▶ _TASK PROMPT_: Locate, in the data below, the line that contains "t ≡ string_bytes" and the line that contains "fn left_text<R: Narrowing>(heap: Global, name: &str, job: &Job)"; reproduce exactly those two lines and every line between them, nothing more.

Start of DATASET EXCERPTS

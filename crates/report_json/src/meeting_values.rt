//! The pairs that meet in consecutive rounds, and those with both games in one half.

ghost use Rattle.std.specs.Prelude.{◌≡◌, ◌+◌, ◌-◌, ◌++◌, ◌<◌, IfOk, OnOk};
ghost use Rattle.fixtures.specs.Games.{round_count};
ghost use Rattle.serde_json.specs.View.{view};
ghost use Rattle.report_json.specs.Parts.{both, meetings, parts_below};
ghost use Rattle.report_json.specs.within.Parts.{seen};
ghost use Rattle.report_json.specs.Sides.{half_at, halves_data, halves_of, repeat_at, repeats_after, repeats_data};

use crate::parts::push_value;
use fixtures::Schedule;
use league::League;
use serde_json::{Value, json};
use std::alloc::{AllocError, Global};
use tours::is_unphased;

/// The pairs that meet in consecutive rounds, unless that is free.
pub(crate) fn repeats_value(
    alloc: Global,
    league: &League,
    schedule: &Schedule,
) -> Result<Value, AllocError>
    ensures { IfOk result (λ value. view value ≡ repeats_data league.now schedule.now) }
{
    let mut repeats = Vec::new(alloc);
    if !league.free_repeats() {
        push_repeats(alloc, &mut repeats, schedule)?;
    }
    Ok(Value::from(repeats))
}

fn push_repeats(
    alloc: Global,
    repeats: &mut Vec<Value>,
    schedule: &Schedule,
) -> Result<(), AllocError>
    ensures { OnOk result (seen repeats.new.items ≡ seen repeats.old.items
        ++ parts_below (repeats_after schedule.now) (round_count schedule.now.teams - 1)) }
{
    for round in 0..schedule.rounds() - 1 {
        push_repeats_after(alloc, repeats, schedule, round)?;
    }
    Ok(())
}

fn push_repeats_after(
    alloc: Global,
    repeats: &mut Vec<Value>,
    schedule: &Schedule,
    round: u8,
) -> Result<(), AllocError>
    requires { round + 1 < round_count schedule.now.teams }
    ensures { OnOk result (seen repeats.new.items ≡ seen repeats.old.items ++ repeats_after schedule.now round) }
{
    for team in 0..schedule.teams() {
        push_repeat(alloc, repeats, schedule, round, team)?;
    }
    Ok(())
}

/// Adds the pair if the team meets the same lower team in the round and in the next.
fn push_repeat(
    alloc: Global,
    repeats: &mut Vec<Value>,
    schedule: &Schedule,
    round: u8,
    team: u8,
) -> Result<(), AllocError>
    requires team { team < schedule.now.teams }
    requires next { round + 1 < round_count schedule.now.teams }
    ensures { OnOk result (seen repeats.new.items ≡ seen repeats.old.items ++ repeat_at schedule.now round team) }
{
    let opponent = schedule.game_at(team, round).opponent;
    let next = schedule.game_at(team, round + 1).opponent;
    if opponent >= team || opponent != next {
        return Ok(());
    }
    push_value(
        repeats,
        meetings_value(alloc, (opponent, team), (round, round + 1))?,
    )?;
    Ok(())
}

fn meetings_value(alloc: Global, pair: (u8, u8), rounds: (u8, u8)) -> Result<Value, AllocError>
    ensures { IfOk result (λ value. view value ≡ meetings pair.0 pair.1 rounds.0 rounds.1) }
{
    let played = both_value(alloc, rounds.0, rounds.1)?;
    let teams = both_value(alloc, pair.0, pair.1)?;
    json!(in alloc; {"rounds": played, "teams": teams})
}

/// Two teams, or two rounds.
pub(crate) fn both_value(alloc: Global, first: u8, second: u8) -> Result<Value, AllocError>
    ensures { IfOk result (λ value. view value ≡ both first second) }
{
    json!(in alloc; [first as u64 + 1, second as u64 + 1])
}

/// The pairs of a phased league.
pub(crate) fn halves_value(
    alloc: Global,
    league: &League,
    schedule: &Schedule,
) -> Result<Value, AllocError>
    ensures { IfOk result (λ value. view value ≡ halves_data league.now schedule.now) }
{
    let mut halves = Vec::new(alloc);
    if league.phased() {
        push_halves(alloc, &mut halves, schedule)?;
    }
    Ok(Value::from(halves))
}

fn push_halves(
    alloc: Global,
    halves: &mut Vec<Value>,
    schedule: &Schedule,
) -> Result<(), AllocError>
    ensures { OnOk result (seen halves.new.items ≡ seen halves.old.items
        ++ parts_below (halves_of schedule.now) schedule.now.teams) }
{
    for high in 0..schedule.teams() {
        push_halves_of(alloc, halves, schedule, high)?;
    }
    Ok(())
}

fn push_halves_of(
    alloc: Global,
    halves: &mut Vec<Value>,
    schedule: &Schedule,
    high: u8,
) -> Result<(), AllocError>
    requires { high < schedule.now.teams }
    ensures { OnOk result (seen halves.new.items ≡ seen halves.old.items ++ halves_of schedule.now high) }
{
    for low in 0..high {
        push_half(alloc, halves, schedule, high, low)?;
    }
    Ok(())
}

/// Adds the pair if it plays both its games in one half of the season.
fn push_half(
    alloc: Global,
    halves: &mut Vec<Value>,
    schedule: &Schedule,
    high: u8,
    low: u8,
) -> Result<(), AllocError>
    requires high { high < schedule.now.teams }
    requires low { low < high }
    ensures { OnOk result (seen halves.new.items ≡ seen halves.old.items ++ half_at schedule.now high low) }
{
    if !is_unphased(schedule, low, high) {
        return Ok(());
    }
    let rounds = (schedule.round_of(low, high), schedule.round_of(high, low));
    push_value(halves, meetings_value(alloc, (low, high), rounds)?)?;
    Ok(())
}
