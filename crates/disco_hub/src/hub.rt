//! The hub: the registry with its response cache.
ghost use Rattle.std.specs.Prelude.{◌≡◌, ◌≢◌, ◌<◌, [], IfErr, IfNone, IfOk, IfSome, OnErr, OnOk, Ok, None, Some, is_some, length, map, option_map};
ghost use Rattle.std.specs.Prelude.{slice_get, true};
ghost use Rattle.disco_values.specs.declared.fault.Fault.TheVariants.{NoRound, OutOfMemory};
ghost use Rattle.disco_registry.specs.Accept.{MayRefuse, accepts};
ghost use Rattle.disco_registry.specs.Commit.{Takes, changes_properly, done_by};
ghost use Rattle.disco_registry.specs.Op.{OpView, op_view, renew};
ghost use Rattle.disco_registry.specs.State as registry;
ghost use Rattle.disco_values.specs.Query.{is_delta};
ghost use Rattle.disco_core.specs.Past.{Past, has_run_out, history, taken_in, with_done};
ghost use Rattle.disco_history.specs.Registry.{registry_of};
ghost use Rattle.std.specs.FinMap.{get};
ghost use Rattle.disco_core.specs.Refusals.{doc_of_key};
ghost use Rattle.disco_core.specs.State.{IsFor, IsCoreReady};
ghost use Rattle.disco_hub.specs.Expiry.{Expires};
ghost use Rattle.disco_hub.specs.Kept.{Forgets, IsCopiedAsKept};
ghost use Rattle.disco_hub.specs.Transitions.{BeginsRound, Cleans, Closes, CopiesOne, Declines, EndsRound, HasNoneLeft, IsDocOf, IsDocOfId};
ghost use Rattle.disco_hub.specs.Transitions.{IsNextCopy, KeepsRest, Loads, MovesRounds, RefusesCopy, RefusesRound, Withholds, WithholdsId, Writes};
ghost use Rattle.disco_hub.specs.Press.{put_copy, is_doc};
ghost use Rattle.disco_hub.specs.Rounds.{Advances, StaysOpen};
ghost use Rattle.disco_hub.specs.State.{IsCopied, IsEmptyHub, IsSameHub, HubStandsFor, open_round, rules_of, version_of};

use crate::copied::Copied;
use crate::expiry::{Expired, expire};
use crate::kept::{forget, keep};
use crate::rounds::Rounds;
use disco_cache::{DocCache, Edition, Payload};
use disco_core::{Core, Ready, Room};
use disco_lease::Minute;
use disco_registry::{Applied, Op};
use disco_values::{DocKey, Fault, Form, Key, Settings};
use std::alloc::Global;
use std::marker::Model;
use std::sync::Arc;

/// The registry with its response cache: the core, the documents that are kept until a change names
/// them, and the rounds of a publisher.
#[derive(Drop)]
pub struct Hub {
    alloc: Global,
    core: Core,
    cache: DocCache,
    rounds: Rounds,
}

impl Model for Hub {
    ghost use Rattle.std.specs.Coded.{codes};
    ghost use Rattle.std.specs.FinMap.{code};
    ghost use Rattle.disco_hub.specs.State.{HubState};

    ghost Value = { HubState };

    ghost coded = { Prim.hlevel (codes, code) };

    ghost view = { λ h. record { core = h.core; docs = h.cache; rounds = h.rounds } };
}
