ghost use Rattle.std.specs.Prelude.{◌≡◌, ◌++◌, IfOk, string_bytes};
ghost use Rattle.boxes.specs.Views.{sides_of};
ghost use Rattle.jobs.specs.Reading.{content_of, verdict};
ghost use Rattle.report.specs.Lines.{accepted, job_text, left_line, said, sides_text};

use boxes::region::Region;
use cutters::cutter::Cutter;
use evaluation::judge::judge_start;
use forward_backward::forward_backward::ForwardBackward;
use jobs::job::Job;
use ranges::narrowing::Narrowing;
use ranges::plain::Plain;
use ranges::row::Row;
use raster::raster::Raster;
use std::alloc::{AllocError, Global};
use std::fmt::Write;

// These texts are lines of this program and no value's own text, so they are functions and no
// `Display`.

/// The line on a job.
fn accepted_line(heap: Global, job: &Job) -> Result<String, AllocError>
    ensures { IfOk result (λ t. string_bytes t ≡ accepted (content_of job.now)) }
{
    let plain = judge_start::<Plain>(job);
    let raster = judge_start::<Raster>(job);
    format!(in heap; "accepted {job} plain {plain} raster {raster}")
}

/// The sides of a box, each behind a space, behind a text.
fn sides_text(mut text: String, region: &Region) -> Result<String, AllocError>
    ensures { IfOk result (λ t. string_bytes t ≡ string_bytes text ++ sides_text (sides_of region.now)) }
{
    for side in region.sides() {
        write!(text, " {side}")?;
    }
    Ok(text)
}

/// What forward-backward leaves of a job's start box, by a kind of range with this name.
fn left_text<R: Narrowing>(heap: Global, name: &str, job: &Job) -> Result<String, AllocError>
    ensures { IfOk result (λ t. string_bytes t ≡ left_line name.now R.Range.kind R.Narrowing.keeper (content_of job.now)) }
{
    let mut region = job.fields.start;
    // fixed memory: a row for each instruction that a job may have
    let mut rows = [Row::default(); 64];
    if !<ForwardBackward as Cutter<R>>::cut(&ForwardBackward, job, &mut region, &mut rows) {
        return format!(in heap; "{name} leaves nothing");
    }
    let text = format!(in heap; "{name} leaves")?;
    sides_text(text, &region)
}

/// What is said of a job.
fn job_text(heap: Global, job: &Job) -> Result<String, AllocError>
    ensures { IfOk result (λ t. string_bytes t ≡ job_text (content_of job.now)) }
{
    let first = accepted_line(heap, job)?;
    let plain = left_text::<Plain>(heap, "plain", job)?;
    let raster = left_text::<Raster>(heap, "raster", job)?;
    format!(in heap; "{first}\n{plain}\n{raster}")
}

/// What is said of a record. `lockmap` says less of a job, so it has its own.
pub(crate) fn text(heap: Global, bytes: &[u8]) -> Result<String, AllocError>
    ensures { IfOk result (λ t. string_bytes t ≡ said (verdict bytes.now)) }
{
    match Job::read(bytes) {
        Ok(job) => job_text(heap, &job),
        Err(refusal) => format!(in heap; "{refusal}"),
    }
}
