//! The program `report`: reads a job record from standard input and prints why the record is
//! refused, or what was accepted, what its targets say of the whole start box, and what
//! forward-backward leaves of that box.
//!
//! The text is worked out by `lines::text`, whose contract gives its bytes for every record. Only
//! reading the input and printing the text stand outside the proof.
#![tactic(auto)]

mod lines;

use crate::lines::text;
use std::io;
use std::io::Read;

/// The most bytes of the input that are read.
const MOST: u64 = 1024;

// `main` of `lockmap` has the same four lines. A crate that held them, and took what is said as a
// closure, would be no plainer.
fn main(rt: HostRuntime) -> io::Result<()> {
    let mut bytes = Vec::new(rt.alloc());
    rt.stdin().take(MOST).read_to_end(&mut bytes)?;
    let said = text(rt.alloc(), bytes.as_slice())?;
    println!(rt; "{said}")
}
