//! The parts of a digest's text (OCI Image 1.1, "Descriptors", section "Digests").
ghost use Rattle.std.specs.Prelude.{◌≡◌, ◌↔◌, IsTrue, MatchOption};
ghost use Rattle.hr_base.specs.Bytes.{Text};
ghost use Rattle.hr_digest.specs.Grammar.{HasParts, IsAlgorithm, IsRun, is_component_byte, is_encoded_byte, is_separator};

use hr_text::cut;

// The algorithm and the encoded part of a text, where it has them.
pub(crate) fn split(text: &[u8]) -> Option<(&[u8], &[u8])>
    ensures { MatchOption result
        ((algorithm encoded : Text) → HasParts text.now algorithm encoded → ⊥)
        (λ found. HasParts text.now found.0.now found.1.now) }
{
    let (algorithm, behind) = cut(text, b':');
    let Some(encoded) = behind else {
        return None;
    };
    if is_algorithm(algorithm) && is_encoded(encoded) {
        Some((algorithm, encoded))
    } else {
        None
    }
}

fn is_algorithm(text: &[u8]) -> bool
    ensures { IsTrue result ↔ IsAlgorithm text.now }
{
    // Whether a component begins here.
    let mut begins = true;
    for byte in text {
        if is_of_component(*byte) {
            begins = false;
        } else if begins || !separates(*byte) {
            return false;
        } else {
            begins = true;
        }
    }
    !begins
}

fn is_of_component(byte: u8) -> bool
    ensures { result ≡ is_component_byte byte }
{
    byte.is_ascii_lowercase() || byte.is_ascii_digit()
}

fn separates(byte: u8) -> bool
    ensures { result ≡ is_separator byte }
{
    matches!(byte, b'+' | b'.' | b'_' | b'-')
}

fn is_encoded(text: &[u8]) -> bool
    ensures { IsTrue result ↔ IsRun is_encoded_byte text.now }
{
    !text.is_empty()
        && text.iter().all(|b| b.is_ascii_alphabetic()
            || b.is_ascii_digit()
            || matches!(b, b'=' | b'_' | b'-'))
}
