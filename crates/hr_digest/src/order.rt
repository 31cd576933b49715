//! Equality, order and hashing of digests, for maps that are keyed by them. (The order is our own.)
ghost use Rattle.std.proofs.Common.{refl, rules};
ghost use Rattle.std.specs.Cmp.{partial_equiv_from_equiv};
ghost use Rattle.std.specs.Cmp.Rules.{hashing};
ghost use Rattle.std.specs.Ordering.{as_partial_cmp};
ghost use Rattle.hr_digest.specs.Order.{digest_cmp, digest_eq, digests_equal, digests_ordered, digests_partly, digests_tie, hash_of};
ghost use Rattle.std.specs.Prelude.{◌≡◌, ◌∷◌, []};

use crate::Digest;
use std::cmp::Ordering;
use std::hash::{Hash, Hasher};

impl Digest {
    // The bytes of the hash.
    fn hash_bytes(&self) -> &[u8]
        ensures { result.now ≡ hash_of self.now }
    {
        match self {
            Digest::Sha256(hash) => hash.as_slice(),
        }
    }
}

impl PartialEq for Digest {
    ghost eq = { digest_eq };

    ghost laws = { partial_equiv_from_equiv digests_equal };

    fn eq(&self, other: &Digest) -> bool {
        self.hash_bytes() == other.hash_bytes()
    }
}

impl Eq for Digest {
    ghost laws = { digests_equal };
}

impl PartialOrd for Digest {
    ghost partial_cmp = { as_partial_cmp digest_cmp };

    ghost laws = { digests_partly };

    fn partial_cmp(&self, other: &Digest) -> Option<Ordering> {
        Some(self.cmp(other))
    }
}

impl Ord for Digest {
    ghost cmp = { digest_cmp };

    ghost total = { digests_ordered };

    ghost matches_partial_cmp = { λ _ _. refl };

    ghost matches_eq = { digests_tie };

    fn cmp(&self, other: &Digest) -> Ordering {
        self.hash_bytes().cmp(&other.hash_bytes())
    }
}

impl Hash for Digest {
    // All bytes in one write.
    ghost hash_input = { λ d. hash_of d ∷ [] };

    ghost respects_eq = { Prim.search (hashing, rules) };

    fn hash<H: Hasher>(&self, state: &mut H) {
        state.write(self.hash_bytes());
    }
}
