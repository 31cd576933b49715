use super::*;
use std::test::Fail;

fn digest_in_pieces(bytes: &[u8], len: usize) -> Digest {
    let mut check = Check::begin();
    for piece in bytes.chunks(len.max(1)) {
        check.feed(piece);
    }
    check.feed(b"");
    check.finish()
}

// The digests of so many letters `a`, as Python's hashlib gives them.
#[test]
fn digests_are_those_of_another_tool_however_the_bytes_are_cut(
    rt: HostRuntime,
) -> Result<(), Fail> {
    let letters = [b'a'; 200];
    let cases: [(usize, &[u8]); 6] = [
        (
            0,
            b"sha256:e3b0c44298fc1c149afbf4c8996fb92427ae41e4649b934ca495991b7852b855",
        ),
        (
            63,
            b"sha256:7d3e74a05d7db15bce4ad9ec0658ea98e3f06eeecf16b4c6fff2da457ddc2f34",
        ),
        (
            64,
            b"sha256:ffe054fe7ae0cb6dc65c3af9b61d5209f439851db43d0ba5997337df154668eb",
        ),
        (
            65,
            b"sha256:635361c48bb9eab14198e76ea8ab7f1a41685d6ad62aa9146d301d4f17eb0ae0",
        ),
        (
            120,
            b"sha256:2f3d335432c70b580af0e8e1b3674a7c020d683aa5f73aaaedfdc55af904c21c",
        ),
        (
            200,
            b"sha256:c2a908d98f5df987ade41b5fce213067efbcc21ef2240212a41e54b5e7c28ae5",
        ),
    ];
    for (count, text) in cases {
        let bytes = &letters[..count.min(200)];
        let got = Digest::of(bytes).text(rt.alloc())?;
        assert_eq!(rt; got.view(), text);
        for len in [1, 63, 64, 65] {
            assert_eq!(rt;
                digest_in_pieces(bytes, len),
                Digest::of(bytes),
                "{count} by {len}"
            );
        }
    }
    Ok(())
}

// As the expressions of OCI Image 1.1 have it, tried with another tool's regular expressions.
#[test]
fn texts_are_read_by_the_grammar_of_digests(rt: HostRuntime) {
    let shapes: [&[u8]; 28] = [
        b"",
        b":",
        b"sha256",
        b"sha256:",
        b":ba7816bf8f01cfea414140de5dae2223b00361a396177a9cb410ff61f20015ad",
        b"sha256:ba7816bf8f01cfea414140de5dae2223b00361a396177a9cb410ff61f20015a",
        b"sha256:ba7816bf8f01cfea414140de5dae2223b00361a396177a9cb410ff61f20015ad0",
        b"sha256:ba7816bf8f01cfea414140de5dae2223b00361a396177a9cb410ff61f20015aD",
        b"sha256:ba7816bf8f01cfea414140de5dae2223b00361a396177a9cb410ff61f20015ag",
        b"sha256:ba7816bf8f01cfea414140de5dae2223b00361a396177a9cb410ff61f20015a=",
        b"sha256:ba7816bf8f01cfea414140de5dae2223b00361a396177a9cb410ff61f20015ad\n",
        b"sha256:\xba7816bf8f01cfea414140de5dae2223b00361a396177a9cb410ff61f20015ad",
        b"SHA256:ba7816bf8f01cfea414140de5dae2223b00361a396177a9cb410ff61f20015ad",
        b"sha256:sha256:ba7816bf8f01cfea414140de5dae2223b00361a396177a9cb410ff61f2",
        b"md5",
        b"md5:",
        b"md5:0:0",
        b"md5:0 0",
        b"md5:0+0",
        b"sha256+b64:uU0nuZNNPgilLlLX2n2r+sSE7+N6U4DukIj3rOLvzek=",
        b"md5:\x80",
        b"md\xff5:00",
        b"md/5:00",
        b"+a:b",
        b"a+:b",
        b"a..b:c",
        b"a+-b:c",
        b"aB:c",
    ];
    for text in shapes {
        assert_eq!(rt; Digest::read(text), Err(DigestRefused::Shape), "{text:?}");
    }
    let others: [&[u8]; 7] = [
        b"md5:00",
        b"a+b:c",
        b"0.a_9-z:A=_-",
        b"sha25:ba7816bf8f01cfea414140de5dae2223b00361a396177a9cb410ff61f20015ad",
        b"sha256+b64u:LCa0a2j_xo_5m0U8HTBBNBNCLXBkg7-g-YpeiGJm564",
        b"sha384:00",
        b"sha512:cf83e1357eefb8bdf1542850d66d8007d620e4050b5715dc83f4a921d36ce9ce",
    ];
    for text in others {
        assert_eq!(rt;
            Digest::read(text),
            Err(DigestRefused::Algorithm),
            "{text:?}"
        );
    }
    let text = b"sha256:ba7816bf8f01cfea414140de5dae2223b00361a396177a9cb410ff61f20015ad";
    assert_eq!(rt; Digest::read(text), Ok(Digest::of(b"abc")));
}

fn sends<T: Send>(_value: &T) {}

#[test]
fn a_check_may_go_to_another_thread() {
    sends(&Check::begin());
    sends(&Digest::of(b""));
}
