//! Digests from their texts (OCI Image 1.1, "Descriptors", section "Digests").
ghost use Rattle.std.specs.Prelude.{◌≡◌, ◌↔◌, IfOk, IsTrue, MatchOption, codes, length};
ghost use Rattle.hex.specs.Hex.{IsBytes};
ghost use Rattle.hr_text.specs.Hexadecimal.{Spells};
ghost use Rattle.hr_digest.specs.Reading.{IsDigest, IsForeign, IsHash, IsWhole};
ghost use Rattle.hr_digest.specs.Digest.{text_of_digest};
ghost use Rattle.hr_digest.specs.declared.digest.Digest.{Digest};

use crate::Digest;
use crate::grammar::split;
use hr_text::read_hex_to;

/// Why a text is not read as a digest.
#[derive(Clone, Copy, Debug, PartialEq, Eq)]
pub enum DigestRefused {
    /// It is not an algorithm, `:` and an encoded part, or it is one of SHA-256 without the 64
    /// digits of lower-case hexadecimal.
    Shape,
    /// It is a digest, under an algorithm that is not known here.
    Algorithm,
}

impl Digest {
    /// The digest of which this is the text: an algorithm, `:` and an encoded part. An algorithm is
    /// `[a-z0-9]+([+._-][a-z0-9]+)*`, and an encoded part `[a-zA-Z0-9=_-]+`. The one algorithm that
    /// is known is `sha256`, whose encoded part is 64 digits of lower-case hexadecimal. It takes no
    /// memory.
    pub fn read(text: &[u8]) -> Result<Digest, DigestRefused>
        ensures ok { IfOk result (λ digest. text.now ≡ text_of_digest digest) }
        ensures shape { (result ≡ Err DigestRefused.Shape) ↔ (IsDigest text.now → ⊥) }
        ensures algorithm { (result ≡ Err DigestRefused.Algorithm) ↔ IsForeign text.now }

        // What was written reads back.
        ensures written { (digest : Digest) → IsWhole digest → text.now ≡ text_of_digest digest
            → result ≡ Ok digest }
    {
        let Some((algorithm, encoded)) = split(text) else {
            return Err(DigestRefused::Shape);
        };
        if !is_sha256(algorithm) {
            return Err(DigestRefused::Algorithm);
        }
        match read_hash(encoded) {
            Some(hash) => Ok(Digest::Sha256(hash)),
            None => Err(DigestRefused::Shape),
        }
    }
}

/// Each digest has as many bytes as its algorithm gives, so that its text reads back as it.
pub fn digest_is_whole(digest: &Digest)
    ensures { IsWhole digest.now }
{
    match digest {
        Digest::Sha256(hash) => hash_is_whole(hash),
    }
}

// A hash is 32 bytes.
fn hash_is_whole(hash: &[u8; 32])
    ensures { (length hash.now ≡ 32) × IsBytes hash.now }
{
    are_bytes(hash.as_slice());
}

fn are_bytes(bytes: &[u8])
    ensures { IsBytes bytes.now }
{
    let _ = bytes;
}

fn is_sha256(algorithm: &[u8]) -> bool
    ensures { IsTrue result ↔ (algorithm.now ≡ codes "sha256") }
{
    algorithm == b"sha256".as_slice()
}

// The hash that 64 digits of lower-case hexadecimal spell.
fn read_hash(encoded: &[u8]) -> Option<[u8; 32]>
    ensures { MatchOption result (IsHash encoded.now → ⊥)
        (λ hash. IsHash encoded.now × Spells encoded.now hash) }
{
    let mut hash = [0u8; 32];
    if read_hex_to(encoded, &mut hash) {
        Some(hash)
    } else {
        None
    }
}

End of DATASET EXCERPTS

▶ _SOLUTION TO THE EXERCISE_:
    ensures { IfOk result (λ t. string_bytes t ≡ string_bytes text ++ sides_text (sides_of region.now)) }
{
    for side in region.sides() {
        write!(text, " {side}")?;
    }
    Ok(text)
}

/// What forward-backward leaves of a job's start box, by a kind of range with this name.
fn left_text<R: Narrowing>(heap: Global, name: &str, job: &Job) -> Result<String, AllocError>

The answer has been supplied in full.